Taylor is a city in Wayne County in the U.S. state of Michigan. A Downriver suburb of Detroit, Taylor is located roughly 16 mi southwest of downtown Detroit. As of the 2020 census, Taylor had a population of 63,409, ranking as the 17th most-populated city in Michigan.

The area was originally a civil township known as Taylor Township, which was organized in 1848 and later incorporated as the city of Taylor in 1968. Taylor is the most-populated municipality of the Downriver community, and it is located about 5 mi west of the southern border of Detroit and about 15 mi southwest of Downtown Detroit.

Taylor is home to the Southland Center, Taylor Sportsplex, Corewell Health Hospital – Taylor, the Downriver Campus of the Wayne County Community College District, and is the founding location of Hungry Howie's Pizza. The city was also home to the now-demolished Gibraltar Trade Center. Heritage Park is located within the city and hosts the Junior League World Series, which invites youth baseball players from all over the world for an annual tournament in August. The city is served by the Taylor School District.

==History==
===Predecessor===
The city of Taylor traces its origins back to when it was originally part of Ecorse Township to the west. At this time the land was mostly rural farm land with little development.

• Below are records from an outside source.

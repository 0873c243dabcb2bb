// The nodes of which a condition holds, as sixteen words: the sets that the steps of a plan mean. The verdict asks for them where
// many nodes are open.
//
// For the crate above, which shows that the tables and the step are well formed:
//   EndRows       the ends of all nodes, as rows, which are kept for the next step
//   plain_set     the nodes of which a condition holds that looks at the node alone
//   links_set     .. that looks at the links of a list
//   path_set      .. on the ends of a path and the set of a step
//   lang_set      .. on the ends of a path that have a language
//   ends_set      .. on two end sets
//   both_set, either_set   the nodes in both of two sets, in one of them
#![tactic(auto)]

mod end_rows;

ghost use Rattle.std.specs.Prelude.{ℕ, Bool, ◌≤◌, Some, ◌≡◌, true, false, ◌&&◌, ◌||◌, ◌*◌, ◌<◌, drop};
ghost use Rattle.nodeset.specs.Words.{has, nodes_of};
ghost use Rattle.model.specs.Shapes.{from, objects, starts};
ghost use Rattle.model.specs.declared.NodeNo.{NodeNo};
ghost use Rattle.model.specs.Limits.{max_nodes};
ghost use Rattle.base.specs.Lists.{member};
ghost use Rattle.tables.specs.Codes as codes;
ghost use Rattle.tables.specs.Layout.{node_count, path_count, form_count, form_code_at, form_first_at, form_second_at};
ghost use Rattle.tables.specs.Decode.{graph_at, items_at, path_at};
ghost use Rattle.paths.specs.declared.End.{End};
ghost use Rattle.paths.specs.Ends.{end_in, end_known};
ghost use Rattle.stepsets.specs.Conditions.{holds_of, tagged, condition_ok};

use crate::end_rows::fill;
pub use crate::end_rows::{EndRows, Held};
use conditions::{
    Order, first_clash, first_in_one, first_outside, first_shared, first_unlisted, first_unordered,
    insert_if, languages, listed_links, test_holds,
};
use entries::between;
use model::{LinkNo, NodeNo};
use nodeset::{NodeSet, count_both, load};
use paths::{End, Indexed};
use tables::reads::node_count;

// What is asked of each node, a case for each keeping and each breaking step: whether it is a node; whether it meets the test of a
// form entry; how many of its ends are in a set, and that all are; whether two end sets are equal, are apart, whether each pair is
// less, or at most; whether no two ends in a set have the same language; whether each fact out of it has a listed link.
// An enum and no closure for each: the runner decides over the step codes in one match (document 01), which with a call and its
// closure in each of 26 arms passes forty lines.
#[derive(Clone, Copy)]
pub enum Condition {
    Is(NodeNo),
    IsNot(NodeNo),
    Test(usize),
    Untest(usize),
    Count(usize, usize),
    Every,
    Equal,
    Unequal,
    Apart,
    Meet,
    Less,
    NotLess,
    LessEq,
    NotLessEq,
    OneLang,
    ManyLang,
    Closed,
    Open,
}

// The condition holds of node v, with its two sets. Part of each loop over the nodes: as a call it takes twice the time.
#[inline(always)]
fn condition_holds(condition: Condition, tables: Indexed, a: &[u64], b: &[u64], v: NodeNo) -> bool
    requires { let cs = tables.cells.now in (v.0 < node_count cs) × (condition_ok cs condition ≡ true) }
    ensures { result ≡ holds_of tables.entry.cells.now tables.entry.values.now condition (has a.now) (has b.now) v.0 }
{
    let cells = tables.cells;
    let values = tables.values;
    let n = node_count(cells);
    match condition {
        Condition::Is(c) => v.0 == c.0,
        Condition::IsNot(c) => v.0 != c.0,
        Condition::Test(e) => test_holds(cells, values, e, v),
        Condition::Untest(e) => !test_holds(cells, values, e, v),
        Condition::Count(lo, hi) => between(lo, hi, count_both(a, b)),
        Condition::Every => first_outside(a, b, n).is_none(),
        Condition::Equal => first_in_one(a, b, n).is_none(),
        Condition::Unequal => first_in_one(a, b, n).is_some(),
        Condition::Apart => first_shared(a, b, n).is_none(),
        Condition::Meet => first_shared(a, b, n).is_some(),
        Condition::Less => first_unordered(Order::Less, cells, values, a, b).is_none(),
        Condition::NotLess => first_unordered(Order::Less, cells, values, a, b).is_some(),
        Condition::LessEq => first_unordered(Order::LessEq, cells, values, a, b).is_none(),
        Condition::NotLessEq => first_unordered(Order::LessEq, cells, values, a, b).is_some(),
        Condition::OneLang => first_clash(cells, a, b).is_none(),
        Condition::ManyLang => first_clash(cells, a, b).is_some(),
        Condition::Closed => first_unlisted(tables, b, v).is_none(),
        Condition::Open => first_unlisted(tables, b, v).is_some(),
    }
}

// The words from a place on; none past the end.
fn part(words: &[u64], at: usize) -> &[u64]
    ensures { result.now ≡ drop at words.now }
{
    if at < words.len() {
        return &words[at..];
    }
    let end = words.len();
    &words[end..]
}

// The nodes below n that pass a test.
fn nodes_where<F: Fn(NodeNo) -> bool>(n: usize, test: F) -> NodeSet
    requires { (n ≤ max_nodes) × ((v : NodeNo) → v.0 < n → F.pre test v) }
    ensures { (p : ℕ → Bool) → ((v : NodeNo) (yes : Bool) → v.0 < n → F.post test v yes → yes ≡ p v.0) → result.words ≡ nodes_of p n }
{
    let mut words = [0u64; 16];
    for x in 0..n {
        let v = NodeNo(x as u16);
        insert_if(&mut words, v, test(v));
    }
    NodeSet { words }
}

// A condition on the node alone.
pub fn plain_set(condition: Condition, tables: Indexed) -> NodeSet
    requires { condition_ok tables.cells.now condition ≡ true }
    ensures { let cs = tables.entry.cells.now in result.words ≡ nodes_of (λ v. holds_of cs tables.entry.values.now condition (λ w. false) (λ w. false) v) (node_count cs) }
{
    let none = [0u64; 16];
    nodes_where(
        node_count(tables.cells),
        |v| condition_holds(condition, tables, &none, &none, v),
    )
}

// A condition on the links that form entry e lists.
pub fn links_set(condition: Condition, tables: Indexed, e: usize) -> NodeSet
    requires { let cs = tables.cells.now in (e < form_count cs) × (form_code_at cs e ≡ codes.form_closed) × (condition_ok cs condition ≡ true) }
    ensures { let cs = tables.entry.cells.now in result.words ≡ nodes_of (λ v. holds_of cs tables.entry.values.now condition (λ w. false) (λ l. member l (items_at cs (form_first_at cs e) (form_second_at cs e))) v) (node_count cs) }
{
    let none = [0u64; 16];
    let links = listed_links(tables.cells, e);
    let words = links.words;
    nodes_where(
        node_count(tables.cells),
        |v| condition_holds(condition, tables, &none, &words, v),
    )
}

// A condition on the ends of a path entry, and the set of a step in the work space.
pub fn path_set<const WORDS: usize>(
    rows: &mut EndRows<WORDS>,
    condition: Condition,
    path: usize,
    work: &[u64],
    step: usize,
) -> NodeSet
    requires { let cs = rows.old.tables.cells.now in (path < path_count cs) × (step < 65536) × (condition_ok cs condition ≡ true) }
    ensures words_value { let cs = rows.old.tables.cells.now in let vs = rows.old.tables.values.now in result.words ≡ nodes_of (λ v. holds_of cs vs condition (from (graph_at cs vs) (path_at cs path) v) (has (drop (16 * step) work.now)) v) (node_count cs) }
    ensures tables { rows.new.tables ≡ rows.old.tables }
    ensures first_of { rows.new.first.of ≡ Some (End.Path path) }
    ensures second { rows.new.second ≡ rows.old.second }
{
    let tables = rows.tables;
    fill(
        &mut rows.first.rows,
        &mut rows.first.of,
        End::Path(path),
        tables,
    );
    let first = &rows.first.rows[..];
    let set = part(work, 16 * step);
    nodes_where(
        node_count(tables.cells),
        |v| condition_holds(condition, tables, &first[16 * v.0 as usize..], set, v),
    )
}

// A condition on the ends of a path entry and the nodes that have a language.
pub fn lang_set<const WORDS: usize>(
    rows: &mut EndRows<WORDS>,
    condition: Condition,
    path: usize,
) -> NodeSet
    requires { let cs = rows.old.tables.cells.now in (path < path_count cs) × (condition_ok cs condition ≡ true) }
    ensures words_value { let cs = rows.old.tables.cells.now in let vs = rows.old.tables.values.now in result.words ≡ nodes_of (λ v. holds_of cs vs condition (from (graph_at cs vs) (path_at cs path) v) (tagged cs) v) (node_count cs) }
    ensures tables { rows.new.tables ≡ rows.old.tables }
    ensures first_of { rows.new.first.of ≡ Some (End.Path path) }
    ensures second { rows.new.second ≡ rows.old.second }
{
    let tables = rows.tables;
    fill(
        &mut rows.first.rows,
        &mut rows.first.of,
        End::Path(path),
        tables,
    );
    let set = languages(tables.cells);
    let first = &rows.first.rows[..];
    let words = set.words;
    nodes_where(
        node_count(tables.cells),
        |v| condition_holds(condition, tables, &first[16 * v.0 as usize..], &words, v),
    )
}

// A condition on the ends of END and those of a link.
pub fn ends_set<const WORDS: usize>(
    rows: &mut EndRows<WORDS>,
    condition: Condition,
    end: End,
    link: LinkNo,
) -> NodeSet
    requires { let cs = rows.old.tables.cells.now in (end_known cs end ≡ true) × (condition_ok cs condition ≡ true) }
    ensures words_value { let cs = rows.old.tables.cells.now in let vs = rows.old.tables.values.now in result.words ≡ nodes_of (λ v. holds_of cs vs condition (starts (graph_at cs vs) (end_in cs end) v) (objects (graph_at cs vs) link.0 v) v) (node_count cs) }
    ensures tables { rows.new.tables ≡ rows.old.tables }
    ensures first_of { rows.new.first.of ≡ Some end }
    ensures second_of { rows.new.second.of ≡ Some (End.Link link) }
{
    let tables = rows.tables;
    fill(&mut rows.first.rows, &mut rows.first.of, end, tables);
    fill(
        &mut rows.second.rows,
        &mut rows.second.of,
        End::Link(link),
        tables,
    );
    let first = &rows.first.rows[..];
    let second = &rows.second.rows[..];
    nodes_where(
        node_count(tables.cells),
        |v| condition_holds(
            condition,
            tables,
            &first[16 * v.0 as usize..],
            &second[16 * v.0 as usize..],
            v,
        ),
    )
}

// The nodes in the sets of both steps, left and right; in one of them.
pub fn both_set(work: &[u64], left: usize, right: usize, nodes: usize) -> NodeSet
    requires { (left < 65536) × (right < 65536) }
    ensures { result.words ≡ nodes_of (λ v. has (drop (16 * left) work.now) v && has (drop (16 * right) work.now) v) nodes }
{
    let a = load(part(work, 16 * left));
    let b = load(part(work, 16 * right));
    NodeSet::whole(nodes).intersection(a.intersection(b))
}

pub fn either_set(work: &[u64], left: usize, right: usize, nodes: usize) -> NodeSet
    requires { (left < 65536) × (right < 65536) }
    ensures { result.words ≡ nodes_of (λ v. has (drop (16 * left) work.now) v || has (drop (16 * right) work.now) v) nodes }
{
    let a = load(part(work, 16 * left));
    let b = load(part(work, 16 * right));
    NodeSet::whole(nodes).intersection(a.union(b))
}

The first landowner in the area was Peter Coan, who purchased an 80 acre parcel from the US government in 1830. The Coan family name continues through the existence of the artificial Coan Lake in Heritage Park, which was named in his honor.

===Township===
Many residents in the western portion of the township found that they lived too far away to participate in the civic affairs and functions of the township. Because of this, the residents petitioned to form a separate community. The petition was granted in 1847 and the new community was named Taylor Township. The township was named after Major General Zachary Taylor, a hero of the Mexican–American War who would go on to serve as the twelfth president of the United States.

A small train station was built in 1876 after the Wabash Railroad built a railroad line through Taylor Township. George E Hand sold the right-of-way through his land and the station was named after him. The area to some locals became known as "Hand Corners". The original station was destroyed in a fire in 1965 however a near replica was built at Heritage Park.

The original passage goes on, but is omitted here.